WHAT THIS TASK INVOLVES
Pull every "Tests" line out of the data below.

GIVEN ENTRIES START

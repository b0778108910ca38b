//! Lines and words of bytes.
ghost use Rattle.std.specs.Prelude.{◌≡◌, ℕ, Bool, MatchOption, IfOk, IfErr};
ghost use Rattle.std.specs.Iterator.{YieldsFirstRef, item_count};
ghost use Rattle.orders.specs.Texts.{is_blank, Tests, IsCut, line_in, after_line, lines_in, uncommented, unblanked, LacksWord, IsFirstWord, at_end, only_word, Reads};

use crate::error::Why;

// A carriage return is a blank, so that it may end a line.
fn is_blank(byte: u8) -> bool
    ensures { result ≡ is_blank byte }
{
    matches!(byte, b' ' | b'\t' | b'\r')
}

// A text before its first byte at which to stop, and from there on.
fn split_before<F: FnMut(&u8) -> bool>(text: &[u8], stops: F) -> (&[u8], &[u8])
    requires { F.IsAlwaysCallable stops }
    ensures { (p : ℕ → Bool) → Tests F.FnMut stops p → IsCut p text.now result.0.now result.1.now }
{
    text.split_at(text.iter().position(stops).unwrap_or(text.len()))
}

// The first line of a text, and what follows its end.
#[tactic(auto, using(crate::proofs::Cuts::line_ends), unfolding(crate::specs::Texts::line_in, crate::specs::Texts::after_line))]
fn split_line(text: &[u8]) -> (&[u8], &[u8])
    ensures line { result.0.now ≡ line_in text.now }
    ensures rest { result.1.now ≡ after_line text.now }
{
    let (line, rest) = split_before(text, |byte| *byte == b'\n');
    match rest {
        [_, after @ ..] => (line, after),
        [] => (line, rest),
    }
}

/// The lines of a text, one after another.
// Those of `split_inclusive` would keep their line feeds.
#[derive(Drop)]
pub(crate) struct Lines<'a>(pub &'a [u8]);

impl<'a> Iterator for Lines<'a> {
    type Item = &'a [u8];

    ghost next_gives = { YieldsFirstRef (λ s. lines_in s.0.now) };

    ghost remaining = { item_count (λ s. lines_in s.0.now) };

    #[tactic(auto, using(crate::proofs::Lines::lines_split))]
    fn next(&mut self) -> Option<&'a [u8]> {
        if self.0.is_empty() {
            return None;
        }
        let (line, rest) = split_line(self.0);
        self.0 = rest;
        Some(line)
    }
}

/// A line up to its comment.
#[tactic(auto, unfolding(crate::specs::Texts::uncommented))]
pub(crate) fn without_comment(line: &[u8]) -> &[u8]
    ensures { result.now ≡ uncommented line.now }
{
    split_before(line, |byte| *byte == b'#').0
}

/// A text from its first byte on that is no blank.
#[tactic(auto, unfolding(crate::specs::Texts::unblanked))]
pub(crate) fn skip_blanks(text: &[u8]) -> &[u8]
    ensures { result.now ≡ unblanked text.now }
{
    split_before(text, |byte| !is_blank(*byte)).1
}

/// The first word of a text, if it has one, and what follows it.
#[tactic(auto, unfolding(crate::specs::Texts::word_in, crate::specs::Texts::after_word))]
pub(crate) fn split_word(text: &[u8]) -> Option<(&[u8], &[u8])>
    ensures { MatchOption result (LacksWord text.now) (λ p. IsFirstWord text.now p.0.now p.1.now) }
{
    let (word, rest) = split_before(skip_blanks(text), |byte| is_blank(*byte));
    (!word.is_empty()).then_some((word, rest))
}

/// The first word of a text, which it has to have, and what follows it.
pub(crate) fn expect_word(text: &[u8]) -> Result<(&[u8], &[u8]), Why>
    ensures word { IfOk result (λ p. IsFirstWord text.now p.0.now p.1.now) }
    ensures missing { IfErr result (λ why. (why ≡ Why.MissingWord) × LacksWord text.now) }
{
    split_word(text).ok_or(Why::MissingWord)
}

/// Refuses a text that has a word.
#[tactic(auto, unfolding(crate::specs::Texts::at_end))]
pub(crate) fn expect_end(text: &[u8]) -> Result<(), Why>
    ensures { result ≡ at_end text.now tt }
{
    if skip_blanks(text).is_empty() {
        Ok(())
    } else {
        Err(Why::ExtraWord)
    }
}

/// The only word of a text.
#[tactic(auto, unfolding(crate::specs::Texts::only_word, crate::specs::Texts::at_end))]
pub(crate) fn only_word(text: &[u8]) -> Result<&[u8], Why>
    ensures { Reads (λ x. x.now) result (only_word text.now) }
{
    let (word, rest) = expect_word(text)?;
    expect_end(rest)?;
    Ok(word)
}
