//! What a line of an order says.
ghost use Rattle.std.specs.Prelude.{◌≡◌, string_bytes, IsUtf8};
ghost use Rattle.orders.specs.Texts.{only_word};
ghost use Rattle.orders.specs.Items.{numbers_in, node_read, only_number, handling_read, flag_read, form_read, bytes_sink_read, buffers_sink_read, sink_read, batch_read, sizes_read, id_read, verb_read, said, said_by, rest_read, item_read, IsText, IsTextIn, ReadsText};

use crate::call::{Batch, Call, MemorySizes};
use crate::error::Why;
use crate::framing::{FormName, SinkSizes};
use crate::hex::read_hex;
use crate::number::read_number;
use crate::text::{expect_end, expect_word, only_word, split_word, without_comment};
use layout::Node;
use recording::DictionaryHandling;
use std::alloc::Global;
use std::str;

/// The runs of bytes that a case is made of.
// A word of the order: a closure in its place would have to be made and handed out.
#[derive(Clone, Copy, Debug, PartialEq, Eq, Hash)]
pub(crate) enum Part {
    Nodes,
    Bytes,
    Held,
}

/// What to do to the cases so far.
// Each is matched once, where it is done.
// No `Debug`: it would print the bytes of a recording.
#[derive(Drop)]
pub(crate) enum Item {
    Case(String),
    Node(Node),
    Hex(Part, Vec<u8>),
    File(Part, String),
    Align(u64),
    Handling(DictionaryHandling),
    ErrorOnReplacement(bool),
    Form(FormName),
    Meta(Vec<u8>),
    Sink(SinkSizes),
    Out(String),
    Call(Call),
}

// The word that a line begins with, matched once; what a line means is defined by it.
#[derive(Clone, Copy, Debug, PartialEq, Eq, Hash)]
enum Verb {
    Case,
    Node,
    Hex(Part),
    File(Part),
    Align,
    Handling,
    ErrorOnReplacement,
    Form,
    Meta,
    Sink,
    Out,
    Show,
    Id,
    Collect,
    Lend,
    Plan,
    Frame,
}

impl TryFrom<&[u8]> for Verb {
    type Error = Why;

    ghost try_from_gives = { λ word r. r ≡ verb_read word.now };

    fn try_from(word: &[u8]) -> Result<Verb, Why> {
        match word {
            b"case" => Ok(Verb::Case),
            b"node" => Ok(Verb::Node),
            b"nodes" => Ok(Verb::Hex(Part::Nodes)),
            b"bytes" => Ok(Verb::Hex(Part::Bytes)),
            b"nodesfile" => Ok(Verb::File(Part::Nodes)),
            b"bytesfile" => Ok(Verb::File(Part::Bytes)),
            b"align" => Ok(Verb::Align),
            b"handling" => Ok(Verb::Handling),
            b"error_on_replacement" => Ok(Verb::ErrorOnReplacement),
            b"form" => Ok(Verb::Form),
            b"meta" => Ok(Verb::Meta),
            b"sink" => Ok(Verb::Sink),
            b"held" => Ok(Verb::Hex(Part::Held)),
            b"out" => Ok(Verb::Out),
            b"show" => Ok(Verb::Show),
            b"id" => Ok(Verb::Id),
            b"collect" => Ok(Verb::Collect),
            b"memory" => Ok(Verb::Lend),
            b"plan" => Ok(Verb::Plan),
            b"frame" => Ok(Verb::Frame),
            _ => Err(Why::UnknownItem),
        }
    }
}

/// The item of a line, if it has one.
#[tactic(auto, unfolding(crate::specs::Items::item_read))]
pub(crate) fn read_item(heap: Global, line: &[u8]) -> Result<Option<Item>, Why>
    ensures { ReadsText said_by IsTextIn result (item_read line.now) }
{
    let Some((word, rest)) = split_word(without_comment(line)) else {
        return Ok(None);
    };
    let verb = Verb::try_from(word)?;
    Ok(Some(read_rest(heap, verb, rest)?))
}

// The item that a verb and the rest of its line make.
#[tactic(auto, unfolding(crate::specs::Items::rest_read))]
fn read_rest(heap: Global, verb: Verb, rest: &[u8]) -> Result<Item, Why>
    ensures { ReadsText said IsText result (rest_read verb rest.now) }
{
    match verb {
        Verb::Case => read_word(heap, rest).map(Item::Case),
        Verb::Node => read_node(rest).map(Item::Node),
        Verb::Hex(part) => read_hex(heap, rest).map(|bytes| Item::Hex(part, bytes)),
        Verb::File(part) => read_word(heap, rest).map(|path| Item::File(part, path)),
        Verb::Align => only_number(rest).map(Item::Align),
        Verb::Handling => read_handling(rest).map(Item::Handling),
        Verb::ErrorOnReplacement => read_flag(rest).map(Item::ErrorOnReplacement),
        Verb::Form => read_form(rest).map(Item::Form),
        Verb::Meta => read_hex(heap, rest).map(Item::Meta),
        Verb::Sink => read_sink(rest).map(Item::Sink),
        Verb::Out => read_word(heap, rest).map(Item::Out),
        Verb::Show => read_batch(rest).map(|batch| Item::Call(Call::Show(batch))),
        Verb::Id => read_id(rest).map(Item::Call),
        Verb::Collect => read_batch(rest).map(|batch| Item::Call(Call::Collect(batch))),
        Verb::Lend => read_sizes(rest).map(|sizes| Item::Call(Call::Lend(sizes))),
        Verb::Plan => read_batch(rest).map(|batch| Item::Call(Call::Plan(batch))),
        Verb::Frame => read_batch(rest).map(|batch| Item::Call(Call::Frame(batch))),
    }
}

// The only word of a text, a name or a path.
fn read_word(heap: Global, text: &[u8]) -> Result<String, Why>
    ensures { ReadsText string_bytes IsUtf8 result (only_word text.now) }
{
    let word = str::from_utf8(only_word(text)?)?;
    Ok(String::from_str(heap, word)?)
}

// The node that ten numbers spell, and nothing after them.
fn read_node(text: &[u8]) -> Result<Node, Why>
    ensures { result ≡ node_read text.now }
{
    Ok(Node::from(read_numbers(text)?))
}

// The only word of a text, a number.
fn only_number(text: &[u8]) -> Result<u64, Why>
    ensures { result ≡ only_number text.now }
{
    let [number] = read_numbers::<1>(text)?;
    Ok(number)
}

// The handling of dictionaries that the only word names.
fn read_handling(text: &[u8]) -> Result<DictionaryHandling, Why>
    ensures { result ≡ handling_read text.now }
{
    match only_word(text)? {
        b"resend" => Ok(DictionaryHandling::Resend),
        b"delta" => Ok(DictionaryHandling::Delta),
        _ => Err(Why::UnknownWord),
    }
}

// What the only word says: 1 is yes, and 0 is no.
fn read_flag(text: &[u8]) -> Result<bool, Why>
    ensures { result ≡ flag_read text.now }
{
    match only_word(text)? {
        b"0" => Ok(false),
        b"1" => Ok(true),
        _ => Err(Why::UnknownWord),
    }
}

// The header form that the only word names.
fn read_form(text: &[u8]) -> Result<FormName, Why>
    ensures { result ≡ form_read text.now }
{
    match only_word(text)? {
        b"numbers" => Ok(FormName::Numbers),
        b"supplied" => Ok(FormName::Supplied),
        _ => Err(Why::UnknownWord),
    }
}

// The sizes of a sink, of the kind that the first word names.
fn read_sink(text: &[u8]) -> Result<SinkSizes, Why>
    ensures { result ≡ sink_read text.now }
{
    let (kind, rest) = expect_word(text)?;
    match kind {
        b"bytes" => read_bytes_sink(rest),
        b"buffers" => read_buffers_sink(rest),
        _ => Err(Why::UnknownWord),
    }
}

// The sink of bytes that a number spells, and nothing after it.
fn read_bytes_sink(text: &[u8]) -> Result<SinkSizes, Why>
    ensures { result ≡ bytes_sink_read text.now }
{
    let [bytes] = read_numbers::<1>(text)?;
    Ok(SinkSizes::Bytes { bytes })
}

// The sink of pieces that two numbers spell, and nothing after them.
fn read_buffers_sink(text: &[u8]) -> Result<SinkSizes, Why>
    ensures { result ≡ buffers_sink_read text.now }
{
    let [bytes, pieces] = read_numbers::<2>(text)?;
    Ok(SinkSizes::Buffers { bytes, pieces })
}

// The batch that three numbers spell, and nothing after them.
fn read_batch(text: &[u8]) -> Result<Batch, Why>
    ensures { result ≡ batch_read text.now }
{
    let [first, columns, rows] = read_numbers::<3>(text)?;
    Ok(Batch {
        first,
        columns,
        rows,
    })
}

// The sizes of memories that five numbers spell, and nothing after them.
fn read_sizes(text: &[u8]) -> Result<MemorySizes, Why>
    ensures { result ≡ sizes_read text.now }
{
    let [fields, buffers, messages, work, metadata] = read_numbers::<5>(text)?;
    Ok(MemorySizes {
        fields,
        buffers,
        messages,
        work,
        metadata,
    })
}

// The call for the next id, which has no words.
#[tactic(auto, unfolding(crate::specs::Texts::at_end))]
fn read_id(text: &[u8]) -> Result<Call, Why>
    ensures { result ≡ id_read text.now }
{
    expect_end(text)?;
    Ok(Call::Id)
}

// So many numbers, a word each, and nothing after them.
fn read_numbers<const N: usize>(text: &[u8]) -> Result<[u64; N], Why>
    ensures { result ≡ numbers_in N text.now }
{
    let mut numbers = [0; N];
    // Each word is taken off the front of the rest, as in every other item.
    let mut rest = text;
    for number in &mut numbers {
        let (word, after) = expect_word(rest)?;
        *number = read_number(word)?;
        rest = after;
    }
    expect_end(rest)?;
    Ok(numbers)
}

GIVEN ENTRIES END

WRITTEN SOLUTION
ghost use Rattle.orders.specs.Texts.{is_blank, Tests, IsCut, line_in, after_line, lines_in, uncommented, unblanked, LacksWord, IsFirstWord, at_end, only_word, Reads};
    ensures { (p : ℕ → Bool) → Tests F.FnMut stops p → IsCut p text.now result.0.now result.1.now }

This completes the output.